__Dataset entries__
=== Section Start ===

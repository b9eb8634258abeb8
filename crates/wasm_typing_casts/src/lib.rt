//! Casts of references, branches on casts, and conversions.
#![tactic(auto)]

mod branches;
mod casts;
mod conversions;
mod descriptors;
mod sends;
mod steps;
mod tops;
mod written;

pub use branches::{br_on_cast, br_on_cast_fail};
pub use casts::{ref_cast, ref_test};
pub use conversions::{any_convert_extern, extern_convert_any, i31_get, ref_i31, ref_i31_shared};
pub use descriptors::{
    br_on_cast_desc_eq, br_on_cast_desc_eq_fail, ref_cast_desc_eq, ref_get_desc,
};
pub use steps::{step_cast, step_conversion};
pub use written::{is_written_cast, is_written_heap, is_written_reference};

// Casts stand above the other operators on references, so who steps through casts finds these here.
pub use wasm_typing_continuations::step_continuation;
pub use wasm_typing_references::step_reference;
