//! Branches on casts.

ghost use Rattle.std.specs.Prelude.{◌≡◌, Some, false, if◌then◌else◌};
ghost use Rattle.std.specs.Option.{option_map};
ghost use Rattle.wasm_typing_references.specs.WasmSpec.Syntax.{map_ref, reference};
ghost use Rattle.wasm_typing_references.specs.WasmSpec.ValueTypes.{allows_val};
ghost use Rattle.wasm_typing_references.specs.WasmSpecRules.FeatureFlags.{features_of};
ghost use Rattle.wasm_typing_references.specs.WasmReadersTypes.WasmReadersValues.SeenValues.{ref_of};
ghost use Rattle.wasm_typing_references.specs.WasmOperators.References.{br_on_cast, br_on_cast_fail};
ghost use Rattle.wasm_typing_references.specs.WasmSpecRules.Signatures.{resolve_ref};
ghost use Rattle.wasm_typing_references.specs.WasmTypingChecks.WasmSpecSteps.Meanings.{casts};
ghost use Rattle.wasm_typing_references.specs.WasmTypingChecks.WasmSpecSteps.Shapes.{cast_shape};
ghost use Rattle.wasm_typing_references.specs.WasmTypingChecks.WasmValidatorResources.Answers.{IsWrittenHeap, world, written_index};
ghost use Rattle.wasm_typing_references.specs.WasmTypingChecks.WasmTypingStacks.BodyStacks.{around, Kept};
ghost use Rattle.wasm_typing_references.specs.WasmTypingChecks.Steps.{Performs};
ghost use Rattle.wasm_typing_casts.specs.BranchOperands.{Castable};

use crate::sends::send;
use crate::tops::top_of;
use std::alloc::Allocator;
use wasm_typing_references::readers_errors::WasmFeatures;
use wasm_typing_references::readers_types::{RefType, ValType};
use wasm_typing_references::typing_checks::{OperatorError, OperatorFault, OperatorRule, has};
use wasm_typing_references::typing_stacks::Stacks;
use wasm_typing_references::validator_resources::{WasmModuleResources, check_ref_type};
use wasm_typing_references::{disallowed, matches_abstract, unknown_type};

/// Whether the features allow a reference type as it is written.
#[tactic(auto, using(crate::proofs::CastTargets::allowances))]
fn is_allowed<A: Allocator>(stacks: &Stacks<A>, ty: RefType) -> bool
    ensures { result ≡ allows_val (features_of stacks.now.features)
        (reference (map_ref written_index (ref_of ty))) }
{
    check_ref_type(stacks.features, ty, 0).is_ok()
}

/// A written reference type with an identity in the place of the type index, if the module has that
/// type.
fn resolve_type<T: WasmModuleResources>(resources: &T, ty: RefType) -> Option<RefType>
    requires { IsWrittenHeap (ref_of ty).heap }
    ensures { option_map ref_of result ≡ resolve_ref (T.context resources.now).types
        (map_ref written_index (ref_of ty)) }
{
    let mut named = ty;
    match resources.check_ref_type(&mut named, 0) {
        Ok(()) => Some(named),
        Err(_) => None,
    }
}

/// Whether a reference type, which is written so, may be cast to another. With descriptors a cast
/// goes between types of one hierarchy, and else to a type that matches.
#[tactic(auto, using(crate::proofs::CastTargets::castings))]
fn casts<A: Allocator, T: WasmModuleResources>(
    stacks: &Stacks<A>,
    resources: &T,
    written: RefType,
    from: RefType,
    to: RefType,
) -> bool
    requires written { IsWrittenHeap (ref_of written).heap }
    requires named { Some (ref_of from) ≡ resolve_ref (T.context resources.now).types
        (map_ref written_index (ref_of written)) }
    ensures { result ≡ casts (world (T.context resources.now))
        (around stacks.now (T.context resources.now)) (ref_of from) (ref_of to) }
{
    if has(stacks, WasmFeatures::CUSTOM_DESCRIPTORS) {
        match top_of(resources, written.heap_type()) {
            Some((shared, top)) => matches_abstract(resources, to, shared, top),
            None => false,
        }
    } else {
        resources.is_subtype(ValType::Ref(to), ValType::Ref(from))
    }
}

/// The refusal of a cast to a type that may not be cast to, with the proposal under which it might be.
#[inline(never)]
fn mismatched<A: Allocator, T: WasmModuleResources>(
    stacks: &Stacks<A>,
    resources: &T,
    from: RefType,
    to: RefType,
) -> OperatorFault
    requires { IsWrittenHeap (ref_of from).heap }
{
    if has(stacks, WasmFeatures::CUSTOM_DESCRIPTORS) {
        return OperatorFault::new(OperatorRule::CastTypes);
    }
    match top_of(resources, from.heap_type()) {
        Some((shared, top)) if matches_abstract(resources, to, shared, top) => {
            OperatorFault::new(OperatorRule::CastTypesOfHierarchy)
        }
        _ => OperatorFault::new(OperatorRule::CastTypes),
    }
}

/// The two types of a branch on a cast with identities, where the one may be cast to the other.
#[tactic(auto, using(crate::proofs::Cited::acts, crate::proofs::CastTargets::castables))]
pub(crate) fn cast_types<A: Allocator, T: WasmModuleResources>(
    stacks: &Stacks<A>,
    resources: &T,
    from: RefType,
    to: RefType,
) -> Result<(RefType, RefType), OperatorFault>
    requires from { IsWrittenHeap (ref_of from).heap }
    requires to { IsWrittenHeap (ref_of to).heap }
    ensures { Castable result stacks.now (T.context resources.now)
        (map_ref written_index (ref_of from)) (map_ref written_index (ref_of to)) }
{
    if !has(stacks, WasmFeatures::GC) {
        return Err(OperatorFault::new(OperatorRule::Gc));
    }
    let source_allowed = is_allowed(stacks, from);
    if !source_allowed {
        return Err(disallowed(stacks, from.is_nullable(), from.heap_type()));
    }
    let target_allowed = is_allowed(stacks, to);
    if !target_allowed {
        return Err(disallowed(stacks, to.is_nullable(), to.heap_type()));
    }
    let named_from = match resolve_type(resources, from) {
        Some(ty) => ty,
        None => return Err(unknown_type(from.heap_type())),
    };
    let named_to = match resolve_type(resources, to) {
        Some(ty) => ty,
        None => return Err(unknown_type(to.heap_type())),
    };
    if !casts(stacks, resources, from, named_from, named_to) {
        return Err(mismatched(stacks, resources, from, named_to));
    }
    Ok((named_from, named_to))
}

/// A reference type as it is after a cast to another failed: without null, where the other has it.
pub(crate) fn difference(from: RefType, to: RefType) -> RefType
    ensures { ref_of result ≡ record {
      nullable = if (ref_of to).nullable then false else (ref_of from).nullable;
      heap = (ref_of from).heap;
    } }
{
    if to.is_nullable() {
        from.as_non_null()
    } else {
        from
    }
}

/// `br_on_cast` (Core Specification 3.0, Validation, Instructions, Control Instructions).
///
/// # Errors
///
/// Refuses unknown types, types that the features don't allow, and a type that can't be cast to the
/// other; an unknown label, one whose last type isn't that of the cast, and operands that aren't a
/// reference above the label's other types.
#[tactic(auto, using(crate::proofs::Cited::acts, crate::proofs::CastBranches::kept_on))]
pub fn br_on_cast<A: Allocator, T: WasmModuleResources>(
    stacks: &mut Stacks<A>,
    resources: &T,
    depth: u32,
    from: RefType,
    to: RefType,
) -> Result<(), OperatorError>
    requires from { IsWrittenHeap (ref_of from).heap }
    requires to { IsWrittenHeap (ref_of to).heap }
    ensures took { Performs result (T.context resources.now)
        (cast_shape (br_on_cast depth (map_ref written_index (ref_of from))
        (map_ref written_index (ref_of to)))) stacks.old stacks.new }
    ensures same { Kept stacks.old stacks.new }
{
    match cast_types(stacks, resources, from, to) {
        Ok((from, to)) => {
            let left = difference(from, to);
            send(stacks, resources, depth, to, from, None, left)
        }
        Err(fault) => Err(OperatorError::Refused(fault)),
    }
}

/// `br_on_cast_fail` (Core Specification 3.0, Validation, Instructions, Control Instructions).
///
/// # Errors
///
/// Refuses unknown types, types that the features don't allow, and a type that can't be cast to the
/// other; an unknown label, one whose last type isn't that of a failed cast, and operands that
/// aren't a reference above the label's other types.
#[tactic(auto, using(crate::proofs::Cited::acts, crate::proofs::CastBranches::kept_on))]
pub fn br_on_cast_fail<A: Allocator, T: WasmModuleResources>(
    stacks: &mut Stacks<A>,
    resources: &T,
    depth: u32,
    from: RefType,
    to: RefType,
) -> Result<(), OperatorError>
    requires from { IsWrittenHeap (ref_of from).heap }
    requires to { IsWrittenHeap (ref_of to).heap }
    ensures took { Performs result (T.context resources.now)
        (cast_shape (br_on_cast_fail depth (map_ref written_index (ref_of from))
        (map_ref written_index (ref_of to)))) stacks.old stacks.new }
    ensures same { Kept stacks.old stacks.new }
{
    match cast_types(stacks, resources, from, to) {
        Ok((from, to)) => {
            let sent = difference(from, to);
            send(stacks, resources, depth, sent, from, None, to)
        }
        Err(fault) => Err(OperatorError::Refused(fault)),
    }
}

=== Section End ===

__The problem__
Exactly the lines from the one containing "let sent = difference(from, to);" through the final line of the records must appear in your reply, and no others.

__Result for this task__
            let sent = difference(from, to);
            send(stacks, resources, depth, sent, from, None, to)
        }
        Err(fault) => Err(OperatorError::Refused(fault)),
    }
}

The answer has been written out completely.